Location: Agroecosystems Management ResearchTitle: Carbon dynamics in agricultural systems) Author
Submitted to: Book Chapter
Publication Type: Book / Chapter
Publication Acceptance Date: 6/1/2011
Publication Date: 3/15/2013
Citation: Cambardella, C.A., Hatfield, J.L. 2013. Carbon dynamics in agricultural systems. In: Brown, D.G., French, N.H.F., Reed, B.C., Robinson, D.T., editors. Soil Carbon Dynamics in Agricultural Systems. New York, NY: Cambridge University Press. p. 381-402. Interpretive Summary:
Technical Abstract: The soil carbon (C) pool constitutes the largest reservoir of C in terrestrial ecosystems. Full accounting of C emissions and sequestration to obtain net C flux budgets for agriculture indicate that agricultural land can function as a net source or sink of C, depending on land use and management. Adoption of land management strategies that foster C sequestration in agricultural soils will be important over the next several decades as we develop new mitigation strategies and technologies to reduce C emissions. The objective of this chapter is to provide a broad overview of C cycling in agroecosystems and to discuss selected research focus areas that challenge current paradigms and address the current state of our knowledge. Agricultural land management options currently recommended to foster C sequestration nearly always include some reduction in tillage intensity and implementation of integrated, multifunctional cropping rotations that include forage legumes, small grains and organic amendments from animal manure or compost, supporting the production of primary commodity crops (corn, soybean, wheat, rice, and cotton). For example, planting cover crops after harvesting primary crops, can extend the time that atmospheric carbon dioxide is captured and stored in plant biomass.
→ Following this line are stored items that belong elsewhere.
//! What is written of a run.

ghost use Rattle.std.specs.Prelude.{◌≡◌, length, IfOk};
ghost use Rattle.ac_base.specs.Report.{status_of};
ghost use Rattle.program_reading.specs.Lines.{limit_trace_line};
ghost use Rattle.ac_program.specs.inner.Parts.{GivesTelling, GivesTraced, IsTellable};

use crate::summary::summary;
use ac_base::{Bytes, List, NoMemory, Status, report, status};
use ac_words::Telling;
use program_reading::LIMIT_TRACE;
use program_run::Ended;
use std::alloc::Global;
use trace_audit::trace_of;
use trace_text::{WriteFault, write_trace};

/// A text, and the status that goes with it.
#[derive(Drop)]
pub struct Told {
    pub text: Bytes,
    pub status: Status,
}

fn too_long(alloc: Global) -> Result<Told, NoMemory>
    ensures { IfOk result (λ it. it ≡ record { text = limit_trace_line; status = record { number = 10 } }) }
{
    let line = Vec::from_slice(alloc, LIMIT_TRACE.as_bytes())?;
    Ok(Told {
        text: List::from_vec(line),
        status: Status { number: 10 },
    })
}

// The trace of a run, or that it is too long.
fn traced(alloc: Global, ended: &Ended, status: Status) -> Result<Told, NoMemory>
    requires tellable { IsTellable ended.now }
    requires status { status.number ≡ status_of ended.now.cores }
    ensures { IfOk result (GivesTraced ended.now) }
{
    let trace = trace_of(alloc, ended)?;
    match write_trace(alloc, &trace) {
        Ok(text) => Ok(Told { text, status }),
        Err(WriteFault::TooLong) => too_long(alloc),
        Err(WriteFault::NoMemory) => Err(NoMemory),
    }
}

/// What is written of a run whose cores have these names.
pub fn tell(
    alloc: Global,
    names: &List<Bytes>,
    ended: &Ended,
    telling: Telling,
) -> Result<Told, NoMemory>
    requires names { length names.now ≡ length ended.now.cores }
    requires tellable { IsTellable ended.now }
    ensures { IfOk result (GivesTelling telling names.now ended.now) }
{
    let status = status(&ended.cores);
    match telling {
        Telling::Report => Ok(Told {
            text: report(alloc, names, &ended.cores)?,
            status,
        }),
        Telling::Trace => traced(alloc, ended, status),
        Telling::Summary(turns) => Ok(Told {
            text: summary(alloc, turns, status, ended.cores.as_slice())?,
            status,
        }),
    }
}
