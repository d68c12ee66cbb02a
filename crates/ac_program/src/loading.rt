//! The load of the file server.

ghost use Rattle.std.specs.Prelude.{◌≡◌, ◌≢◌, ◌≤◌, [], IsTrue, None, Some};
ghost use Rattle.ac_file_server.specs.ServerText.{load_text};
ghost use Rattle.ac_outside.specs.Told.{GrewBy};
ghost use Rattle.ac_words.specs.Words.{IsBounded};
ghost use Rattle.program_reading.specs.Failures.{TellsSink};
ghost use Rattle.ac_program.specs.Headline.{IsLeft, TookWhole, TookPart, TellsDisk, summed};
ghost use Rattle.ac_program.specs.Making.{IsDueOf};

use crate::answering::{do_source, no_memory};
use crate::outcome::Outcome;
use ac_file_server::load_text;
use ac_outside::{Disk, Gate, Sink};
use ac_words::{Task, Telling};
use std::alloc::Global;
use std::thread::Threads;

/// Runs the text of the file server, whose clients take so many turns, and writes the summary of the
/// run.
pub fn load<K: Sink, D: Disk + Send, G: Gate + Sync, R: Threads + Sync>(
    rt: &R,
    gate: &G,
    alloc: Global,
    turns: u32,
    steps: u32,
    sink: &mut K,
    disk: &mut D,
) -> Outcome
    requires some { 1 ≤ turns }
    requires few { turns ≤ 500 }
    requires bounded { IsBounded (summed turns steps) }
    requires ready { IsTrue (D.told disk.old).is_ready }
    requires none { (D.told disk.old).bound ≡ 0 }
    ensures whole { result.status.number ≢ 8 → result.status.number ≢ 11 →
        TookWhole (IsDueOf (load_text turns) (summed turns steps) (D.told disk.old) (D.told disk.new))
        result.status.number result.run (K.told sink.old) (K.told sink.new) }
    ensures part { result.status.number ≡ 8 →
        TookPart (IsDueOf (load_text turns) (summed turns steps) (D.told disk.old) (D.told disk.new))
        result.run (K.told sink.old) (K.told sink.new) }
    ensures left { result.status.number ≡ 11 →
        IsLeft (Some (load_text turns)) (summed turns steps) (D.told disk.old) (D.told disk.new) }
    ensures memory { result.status.number ≡ 11 → GrewBy (K.told sink.old).held (K.told sink.new).held [] }
    ensures no_run { result.status.number ≡ 11 → result.run ≡ None }
    ensures disk { TellsDisk (D.told disk.old) (D.told disk.new) result.status.number result.run }
    ensures sink { TellsSink (K.told sink.old) (K.told sink.new) result.status.number }
    ensures other { (result.status.number ≢ 1) × (result.status.number ≢ 7) }
{
    match load_text(alloc, turns) {
        Err(_) => no_memory(),
        Ok(text) => {
            let task = Task::Run(steps, Telling::Summary(turns));
            do_source(rt, gate, alloc, text.as_slice(), task, sink, disk)
        }
    }
}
Increasing CO2 levels in the atmosphere can increase the amount of plant biomass and can potentially increase the rate of soil carbon sequestration. There is a linkage between carbon dynamics and the loss of other greenhouse gases, e.g., methane and nitrous oxide, from soil. Methane is linked with soil biological processes in high organic matter soils while nitrous oxide is related to nitrogen dynamics linked to water status in soils. The challenges for agroecosystem management are to determine the dynamics of soil carbon under different cropping and soil management practices. Improvement of soil organic matter content has major benefits in enhancing the soil function and capabilities. The interest in carbon sequestration as part of carbon balance has to be balanced with improvements in the soil that promote healthy ecosystems.